REQUIRED ACTION:
Among the entries below, take the line with "take MOST (question_line" and the line with "pub fn is_whole(&self) -> bool", and output them and every line between them exactly, with nothing else.

PROVIDED MATERIAL:
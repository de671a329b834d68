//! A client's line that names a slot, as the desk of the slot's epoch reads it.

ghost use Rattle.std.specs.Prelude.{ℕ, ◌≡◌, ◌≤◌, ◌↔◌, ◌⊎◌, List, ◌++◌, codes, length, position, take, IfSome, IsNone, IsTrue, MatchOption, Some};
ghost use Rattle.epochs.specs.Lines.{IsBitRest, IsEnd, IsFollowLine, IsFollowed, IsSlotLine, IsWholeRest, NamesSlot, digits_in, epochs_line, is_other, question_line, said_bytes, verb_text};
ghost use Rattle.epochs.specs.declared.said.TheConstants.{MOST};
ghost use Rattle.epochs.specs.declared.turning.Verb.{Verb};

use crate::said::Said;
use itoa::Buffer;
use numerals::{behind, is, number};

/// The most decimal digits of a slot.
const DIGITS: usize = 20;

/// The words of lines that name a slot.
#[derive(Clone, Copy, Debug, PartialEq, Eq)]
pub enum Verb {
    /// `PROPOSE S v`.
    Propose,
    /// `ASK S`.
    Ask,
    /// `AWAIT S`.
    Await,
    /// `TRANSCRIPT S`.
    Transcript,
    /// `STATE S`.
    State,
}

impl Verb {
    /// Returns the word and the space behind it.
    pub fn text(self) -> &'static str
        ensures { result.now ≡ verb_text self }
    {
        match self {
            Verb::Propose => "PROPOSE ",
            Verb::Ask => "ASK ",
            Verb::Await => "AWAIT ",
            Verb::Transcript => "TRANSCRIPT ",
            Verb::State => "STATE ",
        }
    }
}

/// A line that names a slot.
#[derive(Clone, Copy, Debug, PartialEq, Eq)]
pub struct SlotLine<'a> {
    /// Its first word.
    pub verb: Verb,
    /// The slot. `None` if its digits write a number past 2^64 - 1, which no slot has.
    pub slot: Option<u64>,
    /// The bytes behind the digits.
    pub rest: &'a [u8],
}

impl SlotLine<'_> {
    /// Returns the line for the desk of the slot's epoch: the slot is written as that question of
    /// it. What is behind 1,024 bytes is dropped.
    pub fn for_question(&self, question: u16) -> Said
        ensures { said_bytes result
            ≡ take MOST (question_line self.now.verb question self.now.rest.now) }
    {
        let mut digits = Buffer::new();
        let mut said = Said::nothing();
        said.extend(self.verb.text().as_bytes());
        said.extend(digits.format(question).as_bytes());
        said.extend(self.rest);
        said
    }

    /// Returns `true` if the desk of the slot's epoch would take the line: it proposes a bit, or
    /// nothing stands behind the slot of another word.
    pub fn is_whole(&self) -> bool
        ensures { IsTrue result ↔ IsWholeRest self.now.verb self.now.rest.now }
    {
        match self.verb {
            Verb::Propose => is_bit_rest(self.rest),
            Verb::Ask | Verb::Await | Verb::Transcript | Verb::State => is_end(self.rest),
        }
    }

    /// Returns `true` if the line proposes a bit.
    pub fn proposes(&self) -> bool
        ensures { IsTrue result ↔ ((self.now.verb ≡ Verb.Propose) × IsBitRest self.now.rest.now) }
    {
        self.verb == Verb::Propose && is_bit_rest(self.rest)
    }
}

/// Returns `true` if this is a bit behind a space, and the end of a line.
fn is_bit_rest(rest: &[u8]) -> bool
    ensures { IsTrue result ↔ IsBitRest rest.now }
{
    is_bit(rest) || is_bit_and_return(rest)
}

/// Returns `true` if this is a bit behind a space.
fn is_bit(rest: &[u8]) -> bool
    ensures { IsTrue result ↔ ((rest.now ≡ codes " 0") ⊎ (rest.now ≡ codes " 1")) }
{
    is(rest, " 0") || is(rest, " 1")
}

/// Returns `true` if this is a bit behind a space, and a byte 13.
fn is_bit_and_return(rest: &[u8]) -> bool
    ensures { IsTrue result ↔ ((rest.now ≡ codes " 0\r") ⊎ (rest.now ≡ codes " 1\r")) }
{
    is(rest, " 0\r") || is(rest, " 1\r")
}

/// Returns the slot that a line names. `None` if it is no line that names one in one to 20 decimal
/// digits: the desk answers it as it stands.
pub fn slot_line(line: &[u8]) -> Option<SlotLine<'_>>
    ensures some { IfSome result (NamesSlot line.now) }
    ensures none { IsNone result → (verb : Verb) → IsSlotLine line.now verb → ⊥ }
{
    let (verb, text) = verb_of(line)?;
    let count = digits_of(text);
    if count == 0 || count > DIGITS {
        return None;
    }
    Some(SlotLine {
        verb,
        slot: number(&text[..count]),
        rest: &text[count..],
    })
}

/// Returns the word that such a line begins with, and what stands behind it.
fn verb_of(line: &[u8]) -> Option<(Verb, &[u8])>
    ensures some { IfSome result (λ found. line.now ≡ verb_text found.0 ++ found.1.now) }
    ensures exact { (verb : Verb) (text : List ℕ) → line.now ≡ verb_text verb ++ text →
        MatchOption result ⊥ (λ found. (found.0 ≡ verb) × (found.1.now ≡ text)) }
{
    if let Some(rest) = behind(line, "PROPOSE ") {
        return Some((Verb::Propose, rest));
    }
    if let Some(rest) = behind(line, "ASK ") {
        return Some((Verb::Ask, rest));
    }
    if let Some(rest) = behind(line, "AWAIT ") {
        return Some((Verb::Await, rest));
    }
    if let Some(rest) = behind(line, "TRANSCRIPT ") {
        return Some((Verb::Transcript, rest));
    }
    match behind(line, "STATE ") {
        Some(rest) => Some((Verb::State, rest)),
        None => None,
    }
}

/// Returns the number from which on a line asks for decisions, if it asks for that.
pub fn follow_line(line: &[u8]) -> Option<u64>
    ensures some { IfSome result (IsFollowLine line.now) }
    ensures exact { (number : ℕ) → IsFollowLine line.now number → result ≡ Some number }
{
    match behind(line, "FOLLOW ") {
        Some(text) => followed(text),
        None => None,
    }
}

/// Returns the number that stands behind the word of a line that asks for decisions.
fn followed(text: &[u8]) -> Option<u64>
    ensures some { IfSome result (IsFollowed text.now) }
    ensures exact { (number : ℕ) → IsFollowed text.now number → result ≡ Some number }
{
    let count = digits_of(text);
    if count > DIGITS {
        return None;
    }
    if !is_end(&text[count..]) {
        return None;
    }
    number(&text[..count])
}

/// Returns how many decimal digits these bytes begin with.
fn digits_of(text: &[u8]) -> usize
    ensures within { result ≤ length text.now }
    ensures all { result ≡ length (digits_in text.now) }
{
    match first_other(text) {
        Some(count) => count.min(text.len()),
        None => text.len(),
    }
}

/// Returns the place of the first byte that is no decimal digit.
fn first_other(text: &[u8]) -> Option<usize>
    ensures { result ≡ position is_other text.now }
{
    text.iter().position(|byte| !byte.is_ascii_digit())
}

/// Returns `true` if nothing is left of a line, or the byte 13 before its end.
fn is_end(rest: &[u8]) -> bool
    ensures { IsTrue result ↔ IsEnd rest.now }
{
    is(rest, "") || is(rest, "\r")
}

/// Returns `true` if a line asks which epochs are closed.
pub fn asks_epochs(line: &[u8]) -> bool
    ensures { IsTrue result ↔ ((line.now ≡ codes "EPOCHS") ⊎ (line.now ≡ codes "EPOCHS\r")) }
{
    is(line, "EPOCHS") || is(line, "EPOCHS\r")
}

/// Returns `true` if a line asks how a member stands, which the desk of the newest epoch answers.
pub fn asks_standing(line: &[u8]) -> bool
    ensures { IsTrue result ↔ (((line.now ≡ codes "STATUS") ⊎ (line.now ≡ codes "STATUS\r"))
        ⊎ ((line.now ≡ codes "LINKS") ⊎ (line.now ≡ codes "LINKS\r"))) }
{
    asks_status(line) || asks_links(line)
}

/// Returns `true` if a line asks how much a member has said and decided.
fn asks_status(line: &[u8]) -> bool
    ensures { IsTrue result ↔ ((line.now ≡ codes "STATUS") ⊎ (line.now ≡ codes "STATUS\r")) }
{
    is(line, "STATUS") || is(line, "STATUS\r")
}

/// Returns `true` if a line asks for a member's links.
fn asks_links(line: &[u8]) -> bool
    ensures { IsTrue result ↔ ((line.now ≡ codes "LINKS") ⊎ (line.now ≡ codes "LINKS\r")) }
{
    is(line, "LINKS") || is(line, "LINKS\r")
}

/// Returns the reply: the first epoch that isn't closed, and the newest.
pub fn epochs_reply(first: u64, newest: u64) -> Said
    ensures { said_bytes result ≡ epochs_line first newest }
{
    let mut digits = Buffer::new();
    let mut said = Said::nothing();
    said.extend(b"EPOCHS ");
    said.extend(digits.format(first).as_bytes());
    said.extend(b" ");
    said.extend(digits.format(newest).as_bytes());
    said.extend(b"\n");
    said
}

SOLUTION:
            ≡ take MOST (question_line self.now.verb question self.now.rest.now) }
    {
        let mut digits = Buffer::new();
        let mut said = Said::nothing();
        said.extend(self.verb.text().as_bytes());
        said.extend(digits.format(question).as_bytes());
        said.extend(self.rest);
        said
    }

    /// Returns `true` if the desk of the slot's epoch would take the line: it proposes a bit, or
    /// nothing stands behind the slot of another word.
    pub fn is_whole(&self) -> bool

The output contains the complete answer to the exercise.